In May 1918, Sharpe returned to Canada on convalescent leave. En route back to Uxbridge with his wife, he was hospitalized at Montreal's Royal Victoria Hospital for nervous shock.

==Death and legacy==

On May 25, 1918, Sharpe died by suicide, jumping from a hospital window to his death. Due to the stigma surrounding suicide and mental illness, Sharpe's history was largely forgotten in Canada for almost 100 years.

Sharpe's name was included in the Great War Memorial at the Law Society of Ontario's library in Osgoode Hall.

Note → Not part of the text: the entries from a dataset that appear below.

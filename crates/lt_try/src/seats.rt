//! How do the passes of a table come back to it? Each has a seat at its table: its caller leaves it there, and whoever closes
//! the table takes it from there. So nobody compares tables: a pass is left through its own caller's share of the table.
ghost use Rattle.std.specs.Prelude.{◌≡◌, ◌≤◌, ◌<◌, ◌+◌, [], length, vec_capacity, IfOk, IfErr, IfSome};
ghost use Rattle.std.specs.List.{All};

use crate::table::TryTable;
use counted_slot::{Counted, FREE, Fits, PRESENT, TAKEN};
use lt_rules::KeyTable;
use lt_shard::EmptyTables;
use lt_words::{Book, Front, Pass, Waker};
use std::alloc::{AllocError, Global};
use std::marker::Model;

/// Of which book the pass in a seat is.
#[derive(Drop)]
pub(crate) struct SeatTag {
    pub start: Front,
}

/// A pass in its seat.
pub(crate) struct SeatedPass {
    pub pass: Pass,
}

impl Drop for SeatedPass {
    fn drop(self) {
        let SeatedPass { pass } = self;
        pass.abandon();
    }
}

impl SeatedPass {
    ghost use Rattle.std.specs.Prelude.{◌≡◌};

    fn into_pass(self) -> Pass
        ensures { result ≡ self.pass }
    {
        let SeatedPass { pass } = self;
        pass
    }
}

impl Fits for SeatedPass {
    type Tag = SeatTag;

    ghost use Rattle.std.specs.Prelude.{◌≡◌};

    ghost fits = { λ tag seated. seated.pass.of ≡ tag.start.of };
}

/// The place of a pass. Its word is `PRESENT` while the pass is there.
type PassSeat = Counted<Option<SeatedPass>>;

/// A seat for each pass of a book. In a contract, it is that book.
#[derive(Drop)]
pub struct Seats {
    start: Front,
    seats: Vec<PassSeat>,
}

impl Model for Seats {
    ghost use Rattle.std.specs.Prelude.{◌≡◌, length};
    ghost use Rattle.lt_words.specs.Row.{Opening};
    ghost use Rattle.std.specs.List.{All};

    ghost Value = { Opening };

    ghost view = { λ s. s.start.of };

    ghost invariant = { λ s. (length s.seats.items ≡ s.start.of.passes) × All (λ d. d.start.of ≡ s.start.of) s.seats.items };
}

/// An empty seat.
fn new_seat(book: &Book) -> PassSeat
    ensures { result.start.of ≡ book.now }
{
    let tag = SeatTag {
        start: book.front(),
    };
    Counted::new(None, &tag)
}

/// So many empty seats.
fn new_seats(alloc: Global, book: &Book, many: usize) -> Result<Vec<PassSeat>, AllocError>
    ensures many { IfOk result (λ seats. length seats.items ≡ many) }
    ensures of { IfOk result (λ seats. All (λ d. d.start.of ≡ book.now) seats.items) }
{
    let mut seats = Vec::new(alloc);
    for _index in 0..many {
        seats.push(new_seat(book))?;
    }
    Ok(seats)
}

impl<T: KeyTable + Drop, M: EmptyTables<T>, W: Waker> TryTable<T, M, W> {
    /// A seat for each pass of the table. All are empty.
    pub fn new_seats(&self, alloc: Global) -> Result<Seats, AllocError>
        ensures { IfOk result (λ seats. seats ≡ self.now.of) }
    {
        let seats = new_seats(alloc, &self.book, self.config.passes)?;
        Ok(Seats {
            start: self.book.front(),
            seats,
        })
    }
}

/// Puts the pass into the seat. The pass comes back if the seat is taken.
fn sit(seat: &PassSeat, pass: Pass) -> Result<(), Pass>
    requires { pass.of ≡ seat.now.start.of }
    ensures { IfErr result (λ back. back ≡ pass) }
{
    let (found, claim) = seat.turn(FREE, TAKEN);
    if found != FREE {
        claim.done();
        return Err(pass);
    }
    let _ = claim.put(Some(SeatedPass { pass }), PRESENT);
    Ok(())
}

/// Adds the pass in the seat to these, for which there is room, if there is one.
fn add_seated(passes: &mut Vec<Pass>, seat: PassSeat)
    requires of { All (λ p. p.of ≡ seat.start.of) passes.old.items }
    requires room { length passes.old.items < vec_capacity passes.old }
    ensures of { All (λ p. p.of ≡ seat.start.of) passes.new.items }
    ensures few { length passes.new.items ≤ length passes.old.items + 1 }
    ensures room { vec_capacity passes.new ≡ vec_capacity passes.old }
{
    if let Some(seated) = seat.into_inner() {
        passes.push_reserved(seated.into_pass());
    }
}

impl Seats {
    /// Leaves the pass in its seat. The pass comes back if its seat is taken: no pass that a table has given out finds it so,
    /// but no contract knows that.
    pub fn leave(&self, pass: Pass) -> Result<(), Pass>
        requires { pass.of ≡ self.now }
        ensures { IfErr result (λ back. back ≡ pass) }
    {
        let index = pass.number() as usize - 1;
        sit(&self.seats[index], pass)
    }

    /// How many passes are in their seats, as the seats' words say.
    pub fn are_taken(&self) -> usize {
        let mut many: usize = 0;
        for seat in &self.seats {
            if seat.load() == PRESENT {
                many = many.saturating_add(1);
            }
        }
        many
    }

    /// The passes that were never given out, and those that are in their seats. `room` is empty, and has room for all of them.
    pub fn into_passes(self, mut given: Vec<Pass>, room: Vec<Pass>) -> Vec<Pass>
        requires of { All (λ p. p.of ≡ self) given.items }
        requires empty { room.items ≡ [] }
        requires room { length given.items + self.passes ≤ vec_capacity room }
        ensures of { All (λ p. p.of ≡ self) result.items }
    {
        let Seats {
            start: _,
            mut seats,
        } = self;
        let mut passes = room;
        while let Some(pass) = given.pop() {
            passes.push_reserved(pass);
        }
        given.destroy_empty();
        while let Some(seat) = seats.pop() {
            add_seated(&mut passes, seat);
        }
        passes
    }
}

In 2014, Member of Parliament Erin O'Toole and Senator Romeo Dallaire inaugurated the Lieutenant Colonel Sam Sharpe Veterans Mental Health breakfast to showcase veterans’ mental health issues and to recognize those "who have sought help for their operational stress injuries and are leading productive lives."

In 2016, a bronze plaque including the likeness of Sharpe by sculptor Tyler Briley acknowledging Sharpe's service as an MP and soldier was commissioned for installation in the Centre Block of Canada's Parliament. The plaque was unveiled in the foyer of the House of Commons on November 7, 2018.

In 2019, the Durham Regional Courthouse was renamed the Lieutenant-Colonel Samuel S. Sharpe, DSO, MP Courthouse.